**What needs to be done:** Collect the lines of the entries where "None" shows up.

Stored data entries:

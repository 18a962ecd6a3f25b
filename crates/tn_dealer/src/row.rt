//! A row of worths by one test. Its bundles are matched along paths from one matching, each with numbers of its own;
//! these are all made of two lists, so that what is tested of both holds for each of them.

ghost use Rattle.std.specs.Prelude.{◌≡◌, ◌*◌, ◌^◌, ◌<◌, ◌≤◌, if◌then◌else◌, not, true, false, pos, IfSome};
ghost use Rattle.tn_base.specs.Arcs.{IsAtMost};
ghost use Rattle.tn_base.specs.Sets.{has, sum_over, toggle};
ghost use Rattle.tn_dealer.specs.Pairs.{matched_worth};
ghost use Rattle.tn_dealer.specs.Paths.{number_to, own_number_to, KeepPaths};
ghost use Rattle.tn_market.specs.Widths.{most_own};

use crate::costs::POSITIONS;
use crate::dealer::Dealer;
use crate::search::{Path, Spare};
use tn_base::Bundle;
use tn_market::MOST_WORTH;

/// Numbers for the positions of some trades, however long the path is by which they are matched.
#[derive(Drop)]
pub struct PathNumbers {
    /// The trades.
    pub within: Bundle,
    /// A longer path raises the numbers of purchases and lowers those of sales, or the other way round.
    pub bought_rise: bool,
    /// The numbers for no path.
    pub near: [i64; POSITIONS],
    /// The numbers for a path that is longer than all others.
    pub far: [i64; POSITIONS],
}

/// A number that rises with a distance, up to another one.
fn raised(near: i64, far: i64, distance: i64) -> i128
    ensures number { result ≡ number_to true distance near far }
    ensures small { IsAtMost result (2 ^ 64) }
{
    let raised = i128::from(near) + i128::from(distance);
    let far = i128::from(far);
    if far < raised { far } else { raised }
}

/// A number that falls with a distance, down to another one.
fn lowered(near: i64, far: i64, distance: i64) -> i128
    ensures number { result ≡ number_to false distance near far }
    ensures small { IsAtMost result (2 ^ 64) }
{
    let lowered = i128::from(near) - i128::from(distance);
    let far = i128::from(far);
    if far < lowered { lowered } else { far }
}

impl PathNumbers {
    /// Whether the number of position `k` rises with the distance.
    fn rises(&self, buys: Bundle, k: usize) -> bool
        requires { k < most_own }
        ensures { result ≡ (if self.now.bought_rise then has buys k else not (has buys k)) }
    {
        if self.bought_rise {
            buys.has(k as u32)
        } else {
            !buys.has(k as u32)
        }
    }

    /// The number of position `k` for a path.
    fn number_to(&self, buys: Bundle, k: usize, path: &Path) -> i128
        requires { k < most_own }
        ensures number { result
            ≡ own_number_to self.now.bought_rise buys path.now.distance self.now.near self.now.far k }
        ensures small { IsAtMost result (2 ^ 64) }
    {
        if self.rises(buys, k) {
            raised(self.near[k], self.far[k], path.distance)
        } else {
            lowered(self.near[k], self.far[k], path.distance)
        }
    }

    /// The number of a position for a path where the position is in the bundle, else 0.
    fn number_in(&self, x: Bundle, buys: Bundle, k: usize, path: &Path) -> i128
        requires { k < most_own }
        ensures term { result ≡ (if has x k then own_number_to self.now.bought_rise buys path.now.distance
            self.now.near self.now.far k else pos 0) }
        ensures small { IsAtMost result (2 ^ 64) }
    {
        if x.has(k as u32) {
            self.number_to(buys, k, path)
        } else {
            0
        }
    }

    /// The sum of the numbers of a bundle's positions, of so many trades, for a path.
    fn sum_to(&self, x: Bundle, buys: Bundle, trades: usize, path: &Path) -> i128
        requires few { trades ≤ most_own }
        ensures sum { result ≡ sum_over (own_number_to self.now.bought_rise buys path.now.distance self.now.near
            self.now.far) trades x }
        ensures small { IsAtMost result (most_own * 2 ^ 64) }
    {
        let mut total = 0;
        for k in 0..trades {
            total += self.number_in(x, buys, k, path);
        }
        total
    }
}

impl Dealer {
    /// A matching of a bundle but one trade, from which a row is read off, where its numbers pass the test.
    pub(crate) fn spare(&self, x: Bundle, wanted: Bundle) -> Option<Spare<'_>>
        ensures { IfSome result (λ spare. KeepPaths self.now.pairs.items spare.numbers) }
    {
        if let Some(spare) = Spare::of(&self.costs, self.trades as usize, x, self.buys, wanted) {
            if self.keep_paths(&spare.numbers) {
                return Some(spare);
            }
        }
        None
    }

    /// Whether the numbers of no pair of these trades sum to more than its cost, however long the path is.
    fn keep_paths(&self, numbers: &PathNumbers) -> bool
        ensures { result ≡ true → KeepPaths self.now.pairs.items numbers.now }
    {
        self.keeps(numbers.within, &numbers.near, true)
            && self.keeps(numbers.within, &numbers.far, true)
    }

    /// What a bundle with position `k` toggled is worth, from a matching of the bundle where there is one.
    pub(crate) fn toggled_worth(&self, x: Bundle, k: u32, spare: &Option<Spare>) -> Option<i128>
        requires position { k < most_own }
        requires keep { IfSome spare.now (λ spare. KeepPaths self.now.pairs.items spare.numbers) }
        ensures { result ≡ matched_worth self.now.pairs.items (toggle x k) }
    {
        let toggled = x.toggle(k);
        if !self.is_even(toggled) {
            return None;
        }
        if let Some(spare) = spare {
            let path = spare.toggled(k as usize);
            if let Some(worth) = self.shown_along(toggled, &spare.numbers, &path) {
                return worth;
            }
        }
        self.worth(toggled)
    }

    /// The worth that a path shows, None where it shows nothing.
    fn shown_along(&self, x: Bundle, numbers: &PathNumbers, path: &Path) -> Option<Option<i128>>
        requires keep { KeepPaths self.now.pairs.items numbers.now }
        ensures { IfSome result (λ worth. worth ≡ matched_worth self.now.pairs.items x) }
    {
        if x.minus(numbers.within) != Bundle::empty() {
            return None;
        }
        let sum = numbers.sum_to(x, self.buys, self.trades as usize, path);
        if MOST_WORTH < sum {
            return Some(None);
        }
        let (bundle, cost) = self.taken(&path.mates);
        if bundle == x && cost == sum {
            Some(Some(-cost))
        } else {
            None
        }
    }
}
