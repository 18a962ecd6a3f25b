//! The costs of the listed pairs by purchase and sale, so that a pair is found by its two positions.

ghost use Rattle.std.specs.Prelude.{◌≡◌, ◌*◌, ◌+◌, ◌<◌, All};
ghost use Rattle.tn_base.specs.Arcs.{IsAtMost};
ghost use Rattle.tn_base.specs.Widths.{most_amount};
ghost use Rattle.tn_dealer.specs.Costs.{AreCosts, place_of_pair};
ghost use Rattle.tn_dealer.specs.Pairs.{AreUnrepeated, IsNear};
ghost use Rattle.tn_market.specs.Widths.{most_own};

use crate::pair::Pair;
use tn_market::MOST_OWN;

/// How many positions there are.
pub(crate) const POSITIONS: usize = MOST_OWN;

/// How many costs there are: one for each purchase and each sale.
pub(crate) const CELLS: usize = POSITIONS * POSITIONS;

/// The cost where no pair is listed.
pub(crate) const UNLISTED: i32 = i32::MAX;

/// Where the cost of a purchase and a sale stands.
pub(crate) fn place(buy: usize, sell: usize) -> usize
    requires buy { buy < most_own }
    requires sell { sell < most_own }
    ensures place { result ≡ place_of_pair buy sell }
    ensures inside { result < most_own * most_own }
{
    buy * POSITIONS + sell
}

/// The cost of a pair.
fn cost_of(pair: &Pair) -> i32
    requires { IsAtMost pair.now.cost most_amount }
    ensures { result ≡ pair.now.cost }
{
    pair.cost as i32
}

/// The costs of pairs, each at the place of its purchase and its sale.
pub(crate) fn costs_of(pairs: &[Pair]) -> [i32; CELLS]
    requires near { All IsNear pairs.now }
    requires small { All (λ pair. IsAtMost pair.cost most_amount) pairs.now }
    requires different { AreUnrepeated pairs.now }
    ensures { AreCosts pairs.now result }
{
    let mut costs = [UNLISTED; CELLS];
    for pair in pairs {
        costs[place(pair.buy as usize, pair.sell as usize)] = cost_of(pair);
    }
    costs
}
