//! Pairs of a purchase and a sale.

use thiserror::Error;

/// A purchase that may be sold on as a sale, both by position, and what that costs.
#[derive(Clone, Copy)]
pub struct Pair {
    /// The position of the purchase.
    pub buy: u32,
    /// The position of the sale.
    pub sell: u32,
    /// What it costs to sell this purchase as this sale.
    pub cost: i128,
}

/// Why pairs make no dealer.
#[derive(Clone, Copy, Debug, Drop, PartialEq, Eq, Error)]
pub enum DealerRefusal {
    /// A pair has the purchase and the sale of an earlier one.
    #[error("pair {index} has the purchase and the sale of an earlier one")]
    SamePair {
        /// The first such pair, counted from 0.
        index: u32,
    },
    /// Memory ran out.
    #[error("out of memory")]
    OutOfMemory,
}
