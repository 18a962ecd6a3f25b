//! A dealer as a firm that may be asked: single worths, and rows of them.

ghost use Rattle.tn_market.specs.Widths.{most_worth};
ghost use Rattle.tn_dealer.specs.Firms.{firm_of};
ghost use Rattle.tn_dealer.specs.LawLemmas.{dealer_laws};

use crate::dealer::Dealer;
use tn_base::{Asked, Bundle, Side, Steps};
use tn_market::{MOST_WORTH, Oracle, Valuation};

impl Valuation for Dealer {
    type Mark = Asked;

    ghost firm = { firm_of };

    ghost limit = { λ _. most_worth };

    fn trades(&self) -> u32 {
        self.trades
    }

    fn side(&self, k: u32) -> Side {
        if self.buys.has(k) {
            Side::Buy
        } else {
            Side::Sell
        }
    }

    fn bound(&self) -> i128 {
        MOST_WORTH
    }

    fn value(&self, x: Bundle, steps: &mut Steps<Asked>) -> Option<i128> {
        steps.tick();
        self.worth(x)
    }

    fn row(
        &self,
        x: Bundle,
        wanted: Bundle,
        worths: &mut [Option<i128>],
        steps: &mut Steps<Asked>,
    ) {
        let spare = self.spare(x, wanted);
        for k in 0..self.trades {
            if wanted.has(k) {
                steps.tick();
                worths[k as usize] = self.toggled_worth(x, k, &spare);
            }
        }
    }

    ghost lawful = { dealer_laws };
}

impl Oracle for Dealer {}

**Task response:**
        None
            return None;
    /// The worth that a path shows, None where it shows nothing.
            return None;
            return Some(None);
            None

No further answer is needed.